Fuxi: a Fault-Tolerant Resource Management and Job Scheduling System at Internet Scale

Scalability and fault-tolerance are two fundamental challenges for all distributed computing at Internet scale. Despite many recent advances from both academia and industry, these two problems are still far from settled. In this paper, we present Fuxi, a resource management and job scheduling system that is capable of handling the kind of workload at Alibaba where hundreds of terabytes of data are generated and analyzed everyday to help optimize the company's business operations and user experiences. We employ several novel techniques to enable Fuxi to perform efficient scheduling of hundreds of thousands of concurrent tasks over large clusters with thousands of nodes: 1) an incremental resource management protocol that supports multi-dimensional resource allocation and data locality; 2) user-transparent failure recovery where failures of any Fuxi components will not impact the execution of user jobs; and 3) an effective detection mechanism and a multi-level blacklisting scheme that prevents them from affecting job execution.
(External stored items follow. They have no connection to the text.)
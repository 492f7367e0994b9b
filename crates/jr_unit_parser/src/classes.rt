//! The classes of a source (JLS 7.6, 8.1).

ghost use Rattle.std.specs.Prelude.{map, All};
ghost use Rattle.jr_ast.specs.Units.{view_class};
ghost use Rattle.jr_unit_parser.specs.Begins.{ClassBegins};
ghost use Rattle.jr_unit_parser.specs.Finds.{Finds, AllOf};
ghost use Rattle.jr_unit_parser.specs.Grammar.{ClassAt, Imports};
ghost use Rattle.jr_unit_parser.specs.Nesting.{ShallowClass};
ghost use Rattle.jr_unit_parser.specs.Steps as steps;

use crate::head::ClassHead;
use crate::reader::UnitReader;
use jr_ast::Class;
use jr_base::Fail;
use sqlite_items::Items;

impl<'a> UnitReader<'a> {
    /// A class, and the index behind it.
    fn class(&self, first: u32) -> Result<(Class, u32), Fail>
        requires { ClassBegins self.now.tokens.now first }
        ensures { Finds self.now.tokens.now view_class (ClassAt self.now.tokens.now) ShallowClass first result }
    {
        let (head, at) = self.class_head(first)?;
        let (members, end) = self.members(at)?;
        let ClassHead {
            modifiers,
            name,
            extends_thread,
            implements_runnable,
        } = head;
        let place = self.tokens.span(first);
        let class = Class {
            place,
            modifiers,
            name,
            extends_thread,
            implements_runnable,
            members,
        };
        Ok((class, end + 1))
    }

    /// The classes from an index on, up to behind the last token.
    pub fn classes(&self, first: u32) -> Result<(Items<Class>, u32), Fail>
        requires { Imports self.now.tokens.now 0 first }
        ensures { Finds self.now.tokens.now (map view_class) (AllOf (ClassAt self.now.tokens.now) (steps.class_begins self.now.tokens.now)) (All ShallowClass) first result }
    {
        let mut found = Items::new(self.alloc);
        let mut at = first;
        while at < self.tokens.len() {
            let (class, behind) = self.class(at)?;
            found.push(class)?;
            at = behind;
        }
        Ok((found, at))
    }
}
Our evaluation results demonstrate that 95% and 91% scheduled CPU/memory utilization can be fulfilled under synthetic workloads, and Fuxi is capable of achieving 2.36T-B/minute throughput in GraySort. Additionally, the same Fuxi job only experiences approximately 16% slowdown under a 5% fault-injection rate. The slowdown only grows to 20% when we double the fault-injection rate to 10%. Fuxi has been deployed in our production environment since 2009, and it now manages hundreds of thousands of server nodes.